• Directions:
Among the entries below, take the line with "left -= want as u64;" and the line with "(λ len. IfSome", and output them and every line between them exactly, with nothing else.

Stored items
▶

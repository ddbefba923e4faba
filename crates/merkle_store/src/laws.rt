//! Laws over the definitions alone. Each function has no effect and takes no memory.
ghost use Rattle.merkle_store.specs.Kept.{AddedAreJoined, InStepTellFound};
ghost use Rattle.merkle_store.specs.News.{NewsBringAll, NewsInAreLater};
ghost use Rattle.merkle_store.specs.Sessions.{ServedBring};

use merkle_delta::laws::what_is_told_is_heard;
use merkle_digest::SipHasher;
use merkle_wire::laws::a_session_is_a_catch_up;
use store_file::Register;

/// What [`find`](store_file::latest::find) returns for a key is what the rows in memory have for it, up to equality.
pub fn what_is_found_is_kept()
    ensures { InStepTellFound }
{}

/// A catch-up brings what is missing where a peer replied to each of its messages, as [`fetch`](crate::fetching::fetch) and
/// [`serve`](crate::serving::serve) say of the two sides, and no delta among the replies tells other bytes with the digest of the plain reply that it
/// was made of: the entries are the peer's, later or of keys that the side doesn't have, and while digests are faithful all that are missing there.
pub fn a_served_catch_up_brings_what_is_lacked()
    ensures { ServedBring }
{
    what_is_told_is_heard();
    a_session_is_a_catch_up::<String, Register, SipHasher, 16>();
}

/// Where [`add_all`](store_file::table::add_all) has added entries, the rows of the file are the join of those before with these entries.
pub fn what_is_added_is_joined()
    ensures { AddedAreJoined }
{}

/// A file may be written between the time when its rows were read and the time when the [`news`](crate::fetching::Fetched) of a peer are added: then
/// too it has the join of its rows with all that came.
pub fn news_bring_all_that_came()
    ensures { NewsBringAll }
{}

/// What [`news_in`](crate::news::news_in) finds later than a log is what is later than the rows of that log in memory.
pub fn news_in_a_log_are_later_than_its_rows()
    ensures { NewsInAreLater }
{}
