//! Messages over a pair of pipes or a socket: each as its length in eight bytes, the lowest first, and its bytes.
ghost use Rattle.std.specs.Prelude.{◌≡◌, ◌≤◌, ◌++◌, length, IfOk, IfSome, IfNone, OnOk};
ghost use Rattle.std.specs.Io.KnownBytes.{Appends, Consumes};
ghost use Rattle.merkle_store.specs.Framing.{HasCome, HasEnded, frame_of};

use crate::wire::WireFault;
use std::alloc::Global;
use std::io::{ErrorKind, Read, Write};

/// How many bytes a message has at most, unless more are allowed: 1 GiB.
pub const MOST_BYTES: u64 = 1_073_741_824;

/// How many bytes an answer has at which it ends, and the rest is asked for: 16 MiB. So neither side holds a long answer whole, and a store
/// below that is told in one.
pub const ANSWER_BYTES: usize = 16_777_216;

/// How many bytes of a message are sent in one piece with its length.
const PIECE: usize = 65_536;

/// How many bytes are read at once.
const CHUNK: usize = 16_384;

/// Who is told how a long message comes on.
pub trait Watch {
    /// This many bytes more have come.
    fn came(&mut self, bytes: usize);
}

/// Nobody.
#[derive(Drop)]
pub struct Unwatched;

impl Watch for Unwatched {
    fn came(&mut self, _bytes: usize) {}
}

/// Sends a message, and hands it on. It takes memory for a copy of its first 64 KiB.
///
/// # Errors
///
/// [`WireFault::Device`], and [`WireFault::Memory`]: a part of the message may have been sent.
pub fn send<W: Write>(alloc: Global, out: &mut W, message: &[u8]) -> Result<(), WireFault>
    ensures sent { OnOk result (Appends (W.contents out.old) (W.contents out.new) (frame_of message.now)) }
{
    let (front, rest) = message.split_at(if message.len() < PIECE {
        message.len()
    } else {
        PIECE
    });
    let mut first = Vec::from_slice(alloc, &(message.len() as u64).to_le_bytes())?;
    first.extend_from_slice(front)?;
    write(out, &first)?;
    write(out, rest)?;
    match out.flush() {
        Ok(()) => Ok(()),
        Err(_) => Err(WireFault::Device),
    }
}

/// Writes all of these bytes.
fn write<W: Write>(out: &mut W, bytes: &[u8]) -> Result<(), WireFault>
    ensures written { OnOk result (Appends (W.contents out.old) (W.contents out.new) bytes.now) }
{
    match out.write_all(bytes) {
        Ok(()) => Ok(()),
        Err(_) => Err(WireFault::Device),
    }
}

/// Fills the buffer.
fn fill<R: Read>(from: &mut R, buf: &mut [u8]) -> Result<(), WireFault>
    ensures filled { OnOk result (Consumes (R.remaining from.old) (R.remaining from.new) buf.new) }
{
    match from.read_exact(buf) {
        Ok(()) => Ok(()),
        Err(error) => match error.kind() {
            ErrorKind::UnexpectedEof => Err(WireFault::Cut),
            _ => Err(WireFault::Device),
        },
    }
}

/// Fills the buffer, and appends what it has then.
fn append<R: Read>(from: &mut R, chunk: &mut [u8], body: &mut Vec<u8>) -> Result<(), WireFault>
    ensures read { OnOk result (Consumes (R.remaining from.old) (R.remaining from.new) chunk.new) }
    ensures appended { OnOk result (body.new.items ≡ body.old.items ++ chunk.new) }
{
    fill(from, chunk)?;
    body.extend_from_slice(chunk)?;
    Ok(())
}

/// Reads this many bytes. The memory that it takes grows with the bytes that come, and not with the length that was promised.
fn receive_body<R: Read, P: Watch>(
    alloc: Global,
    from: &mut R,
    len: u64,
    watch: &mut P,
) -> Result<Vec<u8>, WireFault>
    ensures read { IfOk result (λ body. Consumes (R.remaining from.old) (R.remaining from.new) body.items) }
    ensures len { IfOk result (λ body. length body.items ≡ len) }
{
    let mut body = Vec::new(alloc);
    let mut left = len;
    let mut chunk = [0u8; CHUNK];
    'chunks: while left > 0 {
        let want = if left < chunk.len() as u64 {
            left as usize
        } else {
            chunk.len()
        };
        append(from, &mut chunk[..want], &mut body)?;
        watch.came(want);
        left -= want as u64;
    }
    Ok(body)
}

/// The next eight bytes, or `None` at the end of the input.
fn receive_len<R: Read>(from: &mut R) -> Result<Option<[u8; 8]>, WireFault>
    ensures read { IfOk result (λ len. IfSome len (Consumes (R.remaining from.old) (R.remaining from.new))) }
    ensures none { IfOk result (λ len. IfNone len (HasEnded (R.remaining from.old) (R.remaining from.new))) }
{
    let mut len = [0u8; 8];
    let got = match from.read(&mut len) {
        Ok(0) => return Ok(None),
        Ok(got) => got,
        Err(_) => return Err(WireFault::Device),
    };
    fill(from, &mut len[got..])?;
    Ok(Some(len))
}

/// The next message, of at most `most` bytes, or `None` at the end of the input. No memory is taken for a longer one.
///
/// # Errors
///
/// [`WireFault::TooLong`], [`WireFault::Cut`] where the input ends within a message, [`WireFault::Device`] and [`WireFault::Memory`].
pub fn receive<R: Read, P: Watch>(
    alloc: Global,
    from: &mut R,
    most: u64,
    watch: &mut P,
) -> Result<Option<Vec<u8>>, WireFault>
    ensures came { IfOk result (HasCome (R.remaining from.old) (R.remaining from.new)) }
    ensures fits { IfOk result (λ message. IfSome message (λ message. length message.items ≤ most)) }
{
    let Some(len) = receive_len(from)? else {
        return Ok(None);
    };
    let len = u64::from_le_bytes(len);
    if len > most {
        return Err(WireFault::TooLong(len));
    }
    let body = receive_body(alloc, from, len, watch)?;
    Ok(Some(body))
}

◀

• Answer box:
        left -= want as u64;
    }
    Ok(body)
}

/// The next eight bytes, or `None` at the end of the input.
fn receive_len<R: Read>(from: &mut R) -> Result<Option<[u8; 8]>, WireFault>
    ensures read { IfOk result (λ len. IfSome len (Consumes (R.remaining from.old) (R.remaining from.new))) }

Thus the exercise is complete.